MS SQL Server would inline each reference of CTE into the main query and optimize the whole result, but PostgreSQL doesn't. MS SQL Server会将CTE的每个引用内联到主查询中,并优化整个结果,而PostgreSQL则没有。 In some sense PostgreSQL is more flexible here. 从某种意义上说,PostgreSQL在这里更灵活。 If you want the subquery to be evaluated only once, put it in CTE. 如果只希望对子查询进行一次评估,请将其放在CTE中。 If you don't want, put it in subquery and repeat the code. 如果不想,将其放在子查询中并重复代码。 In SQL Server you'd have to use temporary table explicitly. 在SQL Server中,您必须显式使用临时表。

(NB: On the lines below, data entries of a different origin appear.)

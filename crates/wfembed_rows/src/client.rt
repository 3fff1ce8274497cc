//! A client: it draws into two streams, and knows nothing of contexts.

ghost use Rattle.std.specs.Prelude.{◌≡◌, ◌<◌, false};
ghost use Rattle.wf_calls.specs.Parts.{carries, part_of};
ghost use Rattle.wf_calls.specs.Requests.{call_of};

use crate::TICKS;
use crate::ends::{Stop, value_of};
use wf_calls::Request;
use wf_image::{Canvas, Paint};
use wf_machine::Machine;
use wf_pixel::{Format, Rect, Rgba};

/// The number under which this client makes its calls.
const CLIENT: u8 = 1;

/// The client's streams, by their handles.
#[derive(Clone, Copy)]
pub(crate) struct Streams {
    /// The pattern that is mirrored, of 120 by 120 pixels.
    pub(crate) pattern: u32,
    /// The gauge of 24 by 80 pixels, which tells the tick.
    pub(crate) gauge: u32,
}

/// Makes a `request` of `client` on `machine`, and returns the value of its answer, or the code of its refusal. Write buffers and frames
/// have calls of their own.
pub(crate) fn ask(machine: &mut Machine, client: u8, request: &Request) -> Result<u32, Stop>
    requires { carries (part_of (call_of request.now)) ≡ false }
{
    // An Answer is a Reply without the room of what may come with it.
    match machine.answer(client, request) {
        Some(answer) => value_of(answer),
        // None comes for a request of a write buffer or of a frame alone.
        None => unreachable!(),
    }
}

/// Makes a stream of `client` on `machine`, of this size and `format`. With three buffers a picture can always be drawn: one is shown, one
/// is finished, and one is free.
pub(crate) fn make_stream(
    machine: &mut Machine,
    client: u8,
    (width, height): (i64, i64),
    format: Format,
) -> Result<u32, Stop> {
    let request = Request::StreamNew {
        width,
        height,
        format,
        buffers: 3,
    };
    ask(machine, client, &request)
}

/// Makes both streams of the client on `machine`.
pub(crate) fn make_streams(machine: &mut Machine) -> Result<Streams, Stop> {
    Ok(Streams {
        pattern: make_stream(machine, CLIENT, (120, 120), Format::Rgba8)?,
        gauge: make_stream(machine, CLIENT, (24, 80), Format::Rgbx8)?,
    })
}

/// Draws the images of `tick` into both `streams` of `machine`.
pub(crate) fn draw(machine: &mut Machine, streams: Streams, tick: u8) -> Result<(), Stop>
    requires { tick < TICKS }
{
    let mut canvas = acquire(machine, streams.pattern)?;
    draw_pattern(&mut canvas, tick);
    post(machine, canvas)?;
    let mut canvas = acquire(machine, streams.gauge)?;
    draw_gauge(&mut canvas, tick);
    post(machine, canvas)
}

/// Takes the write buffer of `stream` on `machine`. No Reply is needed: it stands beside the answer.
fn acquire(machine: &mut Machine, stream: u32) -> Result<Canvas, Stop> {
    match machine.acquire(CLIENT, stream) {
        (_, Some(canvas)) => Ok(canvas),
        (answer, None) => Err(Stop::Refused(answer.code)),
    }
}

/// Posts `canvas` on `machine`. One that is refused comes back beside the answer, and is let go here.
fn post(machine: &mut Machine, canvas: Canvas) -> Result<(), Stop> {
    let (answer, _) = machine.post(CLIENT, canvas);
    value_of(answer)?;
    Ok(())
}

/// Paints a bar, a square and a stripe on `canvas`, which move as `tick` rises. Around them the image stays transparent.
fn draw_pattern(canvas: &mut Canvas, tick: u8)
    requires { tick < TICKS }
{
    paint_box(canvas, 8 * tick, 20, (30, 14), opaque(240, 170, 40));
    paint_box(canvas, 70, 6 * tick, (22, 22), opaque(70, 190, 230));
    paint_box(
        canvas,
        4 * tick,
        100 - 5 * tick,
        (60, 6),
        opaque(230, 70, 120),
    );
}

/// Paints a gauge on `canvas` that is full at the last `tick`.
fn draw_gauge(canvas: &mut Canvas, tick: u8)
    requires { tick < TICKS }
{
    paint_box(canvas, 0, 0, (24, 80), opaque(30, 34, 48));
    paint_box(canvas, 4, 70 - 10 * tick, (16, 80), opaque(120, 220, 130));
}

/// Paints a rectangle of these sides on `canvas`, with its corner at `x` and `y`. Numbers of a byte are in the range of coordinates.
fn paint_box(canvas: &mut Canvas, x: u8, y: u8, (w, h): (u8, u8), color: Rgba) {
    let area = Rect {
        x: x.into(),
        y: y.into(),
        w: w.into(),
        h: h.into(),
    };
    canvas.paint(&Paint::Rectangle { area, color });
}

/// An opaque colour.
fn opaque(r: u8, g: u8, b: u8) -> Rgba {
    Rgba { r, g, b, a: 255 }
}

Your example in the question is too simple and most likely both variants are equivalent - check the execution plan. 您在问题中的示例太简单,很可能两个变体都等效-检查执行计划。


Official docs mention it, as I quoted above, but Nick Barnes gave a link to a good article explaining it in more details and I thought it is worth putting it in an answer, rather that comment. 就像我在上面引述的那样,官方文档提到了它,但是尼克·巴恩斯(Nick Barnes)给出了一篇很好的文章的链接,其中对它进行了更详细的解释 ,我认为值得将其作为答案,而不是发表评论。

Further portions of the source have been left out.